L'odore della sigaretta su di lui è una cosa che non potrò mai dimenticare.......


----------



## Minerva (16 Gennaio 2013)

vi spiace aprire le finestre?


----------



## Tebe (16 Gennaio 2013)

Joey Blow ha detto:


> Bè, è chiaro. Ma non perchè una è l'ufficiale e l'altra no, semplicemente perchè siamo tutti diversi.


no, non in quel senso. 


Intendevo se ci sono delle caratteristiche olfattive o di odori, che non si sono mai ricercate (perchè non presenti magari) negli aventi diritto mentre fanno strippare bell'amante.

Tipo l'odore del sudore, che magari in uno non da nessun tipo di balzo ormonale ma magari nell'altro fa scattare sesso a mille.


----------



## Tebe (16 Gennaio 2013)

Minerva ha detto:


> vi spiace aprire le finestre?


Min.

Hai fatto una puzzetta?

Il primo che parla è sempre il colpevolefff:


----------



## viola di mare (16 Gennaio 2013)

lui ha detto:


> iniziamo bene.


perchè?
ora è passata sto bene!!! :up:


----------



## viola di mare (16 Gennaio 2013)

farfalla ha detto:


> Benenuta:smile:


grazie :smile:


----------



## Ultimo (16 Gennaio 2013)

Gli odori sono importanti, molto importanti, alcuni ti entrano dentro e rimangono sempre, altri li apprezzi con la maturità, idem i sapori.


----------



## Lui (16 Gennaio 2013)

viola di mare ha detto:


> perchè?
> ora è passata sto bene!!! :up:


questo mi fa piacere.

mi riferivo al profumo e alla tua cattiveria. hai anche tu, come tante qui, la tua bella corona. sei stata prescelta.


----------



## Innominata (16 Gennaio 2013)

Tebe ha detto:


> no, non in quel senso.
> 
> 
> Intendevo se ci sono delle caratteristiche olfattive o di odori, che non si sono mai ricercate (perchè non presenti magari) negli aventi diritto mentre fanno strippare bell'amante.
> ...


Per quel che mi riguarda è stato il contrario, mi ha sempre fregato e continua a fregarmi tuttora l'odore dell'ufficiale, meno intenso di un tempo, modificato in parte, ma appunto per questo è buono stare lì a verificare quando comincia a levare le sue volute.

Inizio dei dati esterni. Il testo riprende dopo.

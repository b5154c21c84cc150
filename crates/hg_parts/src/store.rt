//! What parts change in place.

ghost use Rattle.std.specs.Prelude.{◌≡◌, IfOk};
ghost use Rattle.hg_types.specs.Limits.{IsAllowed};
ghost use Rattle.hg_parts.specs.declared.store.Store.{Store as AnyStore};
ghost use Rattle.hg_parts.specs.Store.{empty_store, with_savepoints, without_savepoints, CanGoBack};

use hg_keys::{BookmarkSavepoint, Bookmarks};
use hg_log::Changelog;
use hg_obs::Markers;
use hg_phases::{Phases, Savepoint};
use hg_types::{Limits, NoMemory, TryClone};
use std::alloc::{Allocator, Global};
use std::hash::RandomState;

/// The changesets, their phases, the markers and the bookmarks of a repository. Each part of a push changes
/// them in place, and a push that is refused goes back to its savepoint.
#[derive(Drop)]
pub struct Store<A: Allocator = Global> {
    pub log: Changelog<A>,
    pub phases: Phases<A>,
    pub markers: Markers<A>,
    pub bookmarks: Bookmarks<A>,
}

/// A moment to which a store can go back.
#[derive(Drop)]
pub struct StoreSavepoint {
    /// How many changesets there were.
    rows: usize,
    /// How many markers there were.
    markers: usize,
    phases: Savepoint,
    bookmarks: BookmarkSavepoint,
}

impl<A: Allocator + Copy> Store<A> {
    /// The empty store, which takes no memory. The state hashes ids and markers for look-ups: strangers
    /// choose them, so it is to be random.
    pub fn new(alloc: A, state: RandomState, limits: Limits) -> Self
        requires { IsAllowed limits }
        ensures { result ≡ empty_store limits }
    {
        Store {
            log: Changelog::new(alloc, state, limits),
            phases: Phases::new(alloc),
            markers: Markers::new(alloc, state),
            bookmarks: Bookmarks::new(alloc),
        }
    }

    /// The same without a savepoint.
    pub fn try_clone(&self, alloc: A) -> Result<Self, NoMemory>
        ensures { IfOk result (λ copy. copy ≡ without_savepoints self.now) }
    {
        let log = self.log.try_clone(alloc)?;
        // A copy that is not wanted is dropped by a call: its clause is proved once.
        let Ok(phases) = self.phases.try_clone(alloc) else {
            drop(log);
            return Err(NoMemory);
        };
        let Ok(markers) = self.markers.try_clone(alloc) else {
            drop(log);
            drop(phases);
            return Err(NoMemory);
        };
        let Ok(bookmarks) = self.bookmarks.try_clone(alloc) else {
            drop(log);
            drop(phases);
            drop(markers);
            return Err(NoMemory);
        };
        Ok(Store {
            log,
            phases,
            markers,
            bookmarks,
        })
    }
}

impl<A: Allocator> Store<A> {
    /// Sets a savepoint: the store as it is. It takes no memory, and an earlier one is gone.
    pub fn savepoint(&mut self) -> StoreSavepoint
        ensures store { self.new ≡ with_savepoints self.old }
        ensures savepoint { CanGoBack self.old result self.new }
    {
        StoreSavepoint {
            rows: self.log.len(),
            markers: self.markers.list().len(),
            phases: self.phases.savepoint(),
            bookmarks: self.bookmarks.savepoint(),
        }
    }

    /// Goes back to the store of the moment of the savepoint, whatever parts have changed since. It takes no
    /// memory.
    pub fn back_to(&mut self, savepoint: StoreSavepoint)
        requires { (before : AnyStore A) × CanGoBack before savepoint self.old }
        ensures { (before : AnyStore A) → CanGoBack before savepoint self.old → self.new ≡ without_savepoints before }
    {
        let StoreSavepoint {
            rows,
            markers,
            phases,
            bookmarks,
        } = savepoint;
        self.log.cut_back(rows);
        self.markers.cut_back(markers);
        self.phases.back_to(phases);
        self.bookmarks.back_to(bookmarks);
    }
}
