//! What a part meets in its turn, besides the store.

use crate::source::Source;
use hg_types::Settings;

/// The turn of a part in the run of its push.
#[derive(Clone, Copy, Debug)]
pub struct Turn {
    /// How the repository is set up.
    pub settings: Settings,
    /// Where the parts of the run come from.
    pub source: Source,
    /// Whether the part may leave a reply, whose id the caller gives.
    pub replying: bool,
    /// The place of the part among those of its push, counted from 0.
    pub place: u32,
}
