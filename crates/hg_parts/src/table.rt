//! The table of part types: the name of each and the parameters that are known for it, and which parts it
//! supports. What a type asks is picked in `handle`.
//!
//! A part is supported where its type is in the table, and each of its mandatory parameters is known for
//! that type (Mercurial's `internals.bundle2`, "Payload Part" and "Bundle2 Part Types").

ghost use Rattle.std.specs.Prelude.{◌≡◌, IfOk, IfNone, IfSome, option_map, option_copied, bytes_eq, find};
ghost use Rattle.std.specs.Prelude.{map};
ghost use Rattle.std.specs.List.{list_any};
ghost use Rattle.std.specs.Str.{str_eq_ignore_ascii_case};
ghost use Rattle.hg_parts.specs.PartTypes.{table, race_text, row_of, is_reply_caps, is_unknown};
ghost use Rattle.hg_parts.specs.PartTypes.{support_of, unsupported_names, Supported, Unsupported};
ghost use Rattle.hg_parts.specs.code.Table.{row_value};

use crate::refusal::RaceText;
use hg_checks::CheckKind;
use hg_types::{NoMemory, Param, Part, Seq, Short, TryClone};
use std::alloc::Allocator;

/// A type of part that is handled.
#[derive(Clone, Copy, Debug, PartialEq, Eq)]
pub enum PartType {
    /// `replycaps`: what the client can read in a reply. Parts handled after it leave replies. Its payload
    /// is not looked at.
    ReplyCaps,
    /// `check:heads` and others: what the client saw of what its kind says.
    Check(CheckKind),
    /// `phase-heads`: changesets that are in a lower phase at the client.
    PhaseHeads,
    /// `bookmarks`: names, and the changeset that each is to be on.
    Bookmarks,
    /// `obsmarkers`: obsolescence markers.
    Obsmarkers,
    /// `changegroup`: changesets for the changelog.
    ChangeGroup,
    /// `pushkey`: a key of a namespace that is to have another value.
    Pushkey,
    /// `output`: text for a person. Its payload is not looked at.
    Output,
    /// `error:abort`: the client ends the push. Its payload is not looked at.
    ErrorAbort,
}

/// A row of the table.
struct Row {
    part_type: PartType,
    /// The name of the type, in lower case.
    name: &'static [u8],
    /// The names of the parameters that are known for it.
    known: &'static [&'static [u8]],
}

static TABLE: &[Row] = &[
    Row {
        part_type: PartType::ReplyCaps,
        name: b"replycaps",
        known: &[],
    },
    Row {
        part_type: PartType::Check(CheckKind::Heads),
        name: b"check:heads",
        known: &[],
    },
    Row {
        part_type: PartType::Check(CheckKind::Phases),
        name: b"check:phases",
        known: &[],
    },
    Row {
        part_type: PartType::Check(CheckKind::Bookmarks),
        name: b"check:bookmarks",
        known: &[],
    },
    Row {
        part_type: PartType::PhaseHeads,
        name: b"phase-heads",
        known: &[],
    },
    Row {
        part_type: PartType::Bookmarks,
        name: b"bookmarks",
        known: &[],
    },
    Row {
        part_type: PartType::Obsmarkers,
        name: b"obsmarkers",
        known: &[],
    },
    Row {
        part_type: PartType::ChangeGroup,
        name: b"changegroup",
        known: &[b"version", b"nbchanges", b"targetphase"],
    },
    Row {
        part_type: PartType::Pushkey,
        name: b"pushkey",
        known: &[b"namespace", b"key", b"old", b"new"],
    },
    Row {
        part_type: PartType::Output,
        name: b"output",
        known: &[],
    },
    Row {
        part_type: PartType::ErrorAbort,
        name: b"error:abort",
        known: &[b"message", b"hint"],
    },
];

impl Row {
    /// Whether the row is of that type. Types are compared without regard to case.
    fn is_of(&self, kind: &[u8]) -> bool
        ensures { result ≡ str_eq_ignore_ascii_case self.now.name.now kind.now }
    {
        self.name.eq_ignore_ascii_case(kind)
    }

    /// Whether the parameter of that name is known. Names are compared exactly.
    fn knows(&self, key: &[u8]) -> bool
        ensures { result ≡ list_any (λ name. bytes_eq name.now key.now) self.now.known.now }
    {
        self.known.iter().any(|name| *name == key)
    }

    /// Whether a mandatory parameter is not known.
    fn is_unknown<A: Allocator>(&self, param: &Param<A>) -> bool
        ensures { result ≡ is_unknown (row_value self.now).known param.now }
    {
        param.mandatory && !self.knows(param.key.as_slice())
    }
}

/// Whether one of the parameters stands against the part.
fn is_any_unknown<A: Allocator>(row: &Row, params: &[Param<A>]) -> bool
    ensures { result ≡ list_any (is_unknown (row_value row.now).known) params.now }
{
    params.iter().any(|param| row.is_unknown(param))
}

/// The first row of that type.
fn find_row<'a>(rows: &'a [Row], kind: &[u8]) -> Option<&'a Row>
    ensures { option_copied result ≡ find (λ row. str_eq_ignore_ascii_case row.name.now kind.now) rows.now }
{
    rows.iter().find(|row| row.is_of(kind))
}

/// The rows of the table.
fn rows() -> &'static [Row]
    ensures { map row_value result.now ≡ table }
{
    TABLE
}

/// The row of a type.
fn row_of(kind: &[u8]) -> Option<&'static Row>
    ensures { option_map row_value (option_copied result) ≡ row_of kind.now }
{
    find_row(rows(), kind)
}

/// What a race says of a check of that kind.
pub fn race_text(kind: CheckKind) -> RaceText
    ensures { result ≡ race_text kind }
{
    match kind {
        CheckKind::Heads => RaceText::HeadsChanged,
        CheckKind::Phases => RaceText::PhasesChanged,
        CheckKind::Bookmarks => RaceText::BookmarksChanged,
    }
}

/// The type of a part, if it is supported.
pub fn supported_type<A: Allocator>(part: &Part<A>) -> Option<PartType>
    ensures some { IfSome result (λ part_type. support_of part.now ≡ Supported part_type) }
    ensures none { IfNone result (support_of part.now ≡ Unsupported (unsupported_names part.now)) }
{
    let row = row_of(part.kind.as_slice())?;
    if is_any_unknown(row, part.params.as_slice()) {
        return None;
    }
    Some(row.part_type)
}

/// The names of the mandatory parameters that are not known, in the header's order: none where the type
/// is not in the table.
pub fn unknown_names<A: Allocator + Copy>(
    alloc: A,
    part: &Part<A>,
) -> Result<Seq<Short<A>, A>, NoMemory>
    ensures { IfOk result (λ names. names ≡ unsupported_names part.now) }
{
    let mut names = Seq::new(alloc);
    let Some(row) = row_of(part.kind.as_slice()) else {
        return Ok(names);
    };
    for param in part.params.as_slice() {
        if row.is_unknown(param) {
            names.push(param.key.try_clone(alloc)?)?;
        }
    }
    Ok(names)
}

/// Whether parts leave replies after this one.
pub fn starts_replies<A: Allocator>(part: &Part<A>) -> bool
    ensures { result ≡ is_reply_caps (support_of part.now) }
{
    matches!(supported_type(part), Some(PartType::ReplyCaps))
}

La base è sempre il rosaceo-muschiato-pepato, ma in tempi di spinta adiposità in mezzo agli anfratti prendeva un ottimo profumo di arrosto di arista alla composta di rose e mirtilli(non so se l'avete mai provata). Quello con cui lo tradii sapeva nettamente di noccioline tostate, e mi piaceva, ma niente a che vedere rispetto all'attrazione olfattiva...
Ricordo poi l'amour fou della gioventù, per cui ero totalmente sbroccata, e anche lì in effetti percepivo qualcosa di definitissimo, qualcosa di secco e amaro tra assenzio, cicuta e sedano che mi faceva girare la testa ma non mi faceva stare così bene...


----------



## Joey Blow (16 Gennaio 2013)

Tebe ha detto:


> no, non in quel senso.
> 
> 
> Intendevo se ci sono delle caratteristiche olfattive o di odori, che non si sono mai ricercate (perchè non presenti magari) negli aventi diritto mentre fanno strippare bell'amante.
> ...


No. Cioè, mi piacciono certo odori ma non sono quelli a farmi scattare la molla, come si dice.


----------



## Innominata (16 Gennaio 2013)

Joey Blow ha detto:


> No. Cioè, mi piacciono certo odori ma non sono quelli a farmi scattare la molla, come si dice.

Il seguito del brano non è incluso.